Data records

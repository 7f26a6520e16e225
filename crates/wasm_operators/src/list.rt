//! Lists of arguments, read: a count, and that many entries (Binary Format > Conventions > Lists, and Instructions).

ghost use Rattle.std.specs.Prelude.{◌∷◌, [], List, flat_map, map, ℕ};
ghost use Rattle.wasm_forms.specs.Reading.{Gives};
ghost use Rattle.wasm_forms.specs.Grammar.{Bytes, Form, Made, Row, U32, at};
ghost use Rattle.wasm_forms.specs.Types.{value_type};
ghost use Rattle.wasm_forms.specs.declared.types.RawVal.{RawVal as ValueType};
ghost use Rattle.wasm_operators.specs.declared.operator.RawArg.{RawArg as Arg};
ghost use Rattle.wasm_operators.specs.declared.operator.RawArg.TheVariants as args;
ghost use Rattle.wasm_operators.specs.Forms.{catch_from, catch_clause, several};
ghost use Rattle.wasm_operators.specs.Pushing.{push_at};

use crate::operator::RawArg;
use wasm_forms::{WireError, read_byte, read_bytes, read_u32, read_value_type};

/// What a list is read of. `form` is the form of an entry's text, `Seen` the type of its values, and `make` gives the arguments that
/// stand for such a value.
pub(crate) trait Entry {
    ghost Seen: { Type 0 };

    ghost form: { Form Seen };

    ghost make: { Seen → List Arg };

    /// Reads an entry, puts its arguments behind those of `to`, and gives the bytes after it.
    fn push<'a>(to: &mut Vec<RawArg>, bytes: &'a [u8]) -> Result<&'a [u8], WireError>
        ensures { Gives (λ r. (to.new.items, r.now)) result
            (push_at to.old.items (Made make form) bytes.now) };
}

/// A label.
pub(crate) struct LabelEntry;

impl Entry for LabelEntry {
    ghost Seen = { ℕ };

    ghost form = { U32 };

    ghost make = { λ l. args.Label l ∷ [] };

    fn push<'a>(to: &mut Vec<RawArg>, bytes: &'a [u8]) -> Result<&'a [u8], WireError> {
        let (label, rest) = read_u32(bytes)?;
        to.push(RawArg::Label(label))?;
        Ok(rest)
    }
}

/// A value type.
pub(crate) struct ValueEntry;

impl Entry for ValueEntry {
    ghost Seen = { ValueType };

    ghost form = { value_type };

    ghost make = { λ v. args.Value v ∷ [] };

    fn push<'a>(to: &mut Vec<RawArg>, bytes: &'a [u8]) -> Result<&'a [u8], WireError> {
        let (value, rest) = read_value_type(bytes)?;
        to.push(RawArg::Value(value))?;
        Ok(rest)
    }
}

/// What stands behind the first byte of a catch clause.
#[tactic(auto, unfolding(crate::specs::Forms::catch_from))]
fn push_catch_from<'a>(
    to: &mut Vec<RawArg>,
    first: u8,
    bytes: &'a [u8],
) -> Result<&'a [u8], WireError>
    ensures { Gives (λ r. (to.new.items, r.now)) result (push_at to.old.items (catch_from first) bytes.now) }
{
    if first < 2 {
        let (tag, behind) = read_u32(bytes)?;
        let (label, rest) = read_u32(behind)?;
        to.push(RawArg::Byte(first))?;
        to.push(RawArg::Tag(tag))?;
        to.push(RawArg::Label(label))?;
        return Ok(rest);
    }
    if first < 4 {
        let (label, rest) = read_u32(bytes)?;
        to.push(RawArg::Byte(first))?;
        to.push(RawArg::Label(label))?;
        return Ok(rest);
    }
    Err(WireError::Malformed)
}

/// A catch clause.
pub(crate) struct CatchEntry;

impl Entry for CatchEntry {
    ghost Seen = { List Arg };

    ghost form = { catch_clause };

    ghost make = { λ x. x };

    #[tactic(auto, unfolding(crate::specs::Forms::catch_clause))]
    fn push<'a>(to: &mut Vec<RawArg>, bytes: &'a [u8]) -> Result<&'a [u8], WireError> {
        let (first, behind) = read_byte(bytes)?;
        push_catch_from(to, first, behind)
    }
}

/// So many entries, behind the arguments of `to`.
fn push_entries<'a, E: Entry>(
    to: &mut Vec<RawArg>,
    count: u32,
    bytes: &'a [u8],
) -> Result<&'a [u8], WireError>
    ensures { Gives (λ r. (to.new.items, r.now)) result
        (push_at to.old.items (Made (flat_map E.make) (Row E.form count)) bytes.now) }
{
    let mut rest = bytes;
    'entries: for _taken in 0..count {
        rest = E::push(to, rest)?;
    }
    Ok(rest)
}

/// A count and that many entries, behind the arguments of `to`.
pub(crate) fn push_counted<'a, E: Entry>(
    to: &mut Vec<RawArg>,
    bytes: &'a [u8],
) -> Result<&'a [u8], WireError>
    ensures { Gives (λ r. (to.new.items, r.now)) result
        (push_at to.old.items (several E.make E.form) bytes.now) }
{
    let (count, rest) = read_u32(bytes)?;
    to.push(RawArg::Count(count))?;
    push_entries::<E>(to, count, rest)
}

/// Sixteen bytes, behind the arguments of `to`.
pub(crate) fn push_sixteen<'a>(to: &mut Vec<RawArg>, bytes: &'a [u8]) -> Result<&'a [u8], WireError>
    ensures { Gives (λ r. (to.new.items, r.now)) result
        (push_at to.old.items (Made (map args.Byte) (Bytes 16)) bytes.now) }
{
    let (sixteen, rest) = read_bytes(bytes, 16)?;
    'sixteen: for byte in sixteen {
        to.push(RawArg::Byte(*byte))?;
    }
    Ok(rest)
}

- Your goal
Give the entries again in full, with nothing changed.

- Problem solution
repository 7f26a6520e16e225
filename crates/wasm_operators/src/list.rt
//! Lists of arguments, read: a count, and that many entries (Binary Format > Conventions > Lists, and Instructions).

ghost use Rattle.std.specs.Prelude.{◌∷◌, [], List, flat_map, map, ℕ};
ghost use Rattle.wasm_forms.specs.Reading.{Gives};
ghost use Rattle.wasm_forms.specs.Grammar.{Bytes, Form, Made, Row, U32, at};
ghost use Rattle.wasm_forms.specs.Types.{value_type};
ghost use Rattle.wasm_forms.specs.declared.types.RawVal.{RawVal as ValueType};
ghost use Rattle.wasm_operators.specs.declared.operator.RawArg.{RawArg as Arg};
ghost use Rattle.wasm_operators.specs.declared.operator.RawArg.TheVariants as args;
ghost use Rattle.wasm_operators.specs.Forms.{catch_from, catch_clause, several};
ghost use Rattle.wasm_operators.specs.Pushing.{push_at};

use crate::operator::RawArg;
use wasm_forms::{WireError, read_byte, read_bytes, read_u32, read_value_type};

/// What a list is read of. `form` is the form of an entry's text, `Seen` the type of its values, and `make` gives the arguments that
/// stand for such a value.
pub(crate) trait Entry {
    ghost Seen: { Type 0 };

    ghost form: { Form Seen };

    ghost make: { Seen → List Arg };

    /// Reads an entry, puts its arguments behind those of `to`, and gives the bytes after it.
    fn push<'a>(to: &mut Vec<RawArg>, bytes: &'a [u8]) -> Result<&'a [u8], WireError>
        ensures { Gives (λ r. (to.new.items, r.now)) result
            (push_at to.old.items (Made make form) bytes.now) };
}

/// A label.
pub(crate) struct LabelEntry;

impl Entry for LabelEntry {
    ghost Seen = { ℕ };

    ghost form = { U32 };

    ghost make = { λ l. args.Label l ∷ [] };

    fn push<'a>(to: &mut Vec<RawArg>, bytes: &'a [u8]) -> Result<&'a [u8], WireError> {
        let (label, rest) = read_u32(bytes)?;
        to.push(RawArg::Label(label))?;
        Ok(rest)
    }
}

/// A value type.
pub(crate) struct ValueEntry;

impl Entry for ValueEntry {
    ghost Seen = { ValueType };

    ghost form = { value_type };

    ghost make = { λ v. args.Value v ∷ [] };

    fn push<'a>(to: &mut Vec<RawArg>, bytes: &'a [u8]) -> Result<&'a [u8], WireError> {
        let (value, rest) = read_value_type(bytes)?;
        to.push(RawArg::Value(value))?;
        Ok(rest)
    }
}

/// What stands behind the first byte of a catch clause.
#[tactic(auto, unfolding(crate::specs::Forms::catch_from))]
fn push_catch_from<'a>(
    to: &mut Vec<RawArg>,
    first: u8,
    bytes: &'a [u8],
) -> Result<&'a [u8], WireError>
    ensures { Gives (λ r. (to.new.items, r.now)) result (push_at to.old.items (catch_from first) bytes.now) }
{
    if first < 2 {
        let (tag, behind) = read_u32(bytes)?;
        let (label, rest) = read_u32(behind)?;
        to.push(RawArg::Byte(first))?;
        to.push(RawArg::Tag(tag))?;
        to.push(RawArg::Label(label))?;
        return Ok(rest);
    }
    if first < 4 {
        let (label, rest) = read_u32(bytes)?;
        to.push(RawArg::Byte(first))?;
        to.push(RawArg::Label(label))?;
        return Ok(rest);
    }
    Err(WireError::Malformed)
}

/// A catch clause.
pub(crate) struct CatchEntry;

impl Entry for CatchEntry {
    ghost Seen = { List Arg };

    ghost form = { catch_clause };

    ghost make = { λ x. x };

    #[tactic(auto, unfolding(crate::specs::Forms::catch_clause))]
    fn push<'a>(to: &mut Vec<RawArg>, bytes: &'a [u8]) -> Result<&'a [u8], WireError> {
        let (first, behind) = read_byte(bytes)?;
        push_catch_from(to, first, behind)
    }
}

/// So many entries, behind the arguments of `to`.
fn push_entries<'a, E: Entry>(
    to: &mut Vec<RawArg>,
    count: u32,
    bytes: &'a [u8],
) -> Result<&'a [u8], WireError>
    ensures { Gives (λ r. (to.new.items, r.now)) result
        (push_at to.old.items (Made (flat_map E.make) (Row E.form count)) bytes.now) }
{
    let mut rest = bytes;
    'entries: for _taken in 0..count {
        rest = E::push(to, rest)?;
    }
    Ok(rest)
}

/// A count and that many entries, behind the arguments of `to`.
pub(crate) fn push_counted<'a, E: Entry>(
    to: &mut Vec<RawArg>,
    bytes: &'a [u8],
) -> Result<&'a [u8], WireError>
    ensures { Gives (λ r. (to.new.items, r.now)) result
        (push_at to.old.items (several E.make E.form) bytes.now) }
{
    let (count, rest) = read_u32(bytes)?;
    to.push(RawArg::Count(count))?;
    push_entries::<E>(to, count, rest)
}

/// Sixteen bytes, behind the arguments of `to`.
pub(crate) fn push_sixteen<'a>(to: &mut Vec<RawArg>, bytes: &'a [u8]) -> Result<&'a [u8], WireError>
    ensures { Gives (λ r. (to.new.items, r.now)) result
        (push_at to.old.items (Made (map args.Byte) (Bytes 16)) bytes.now) }
{
    let (sixteen, rest) = read_bytes(bytes, 16)?;
    'sixteen: for byte in sixteen {
        to.push(RawArg::Byte(*byte))?;
    }
    Ok(rest)
}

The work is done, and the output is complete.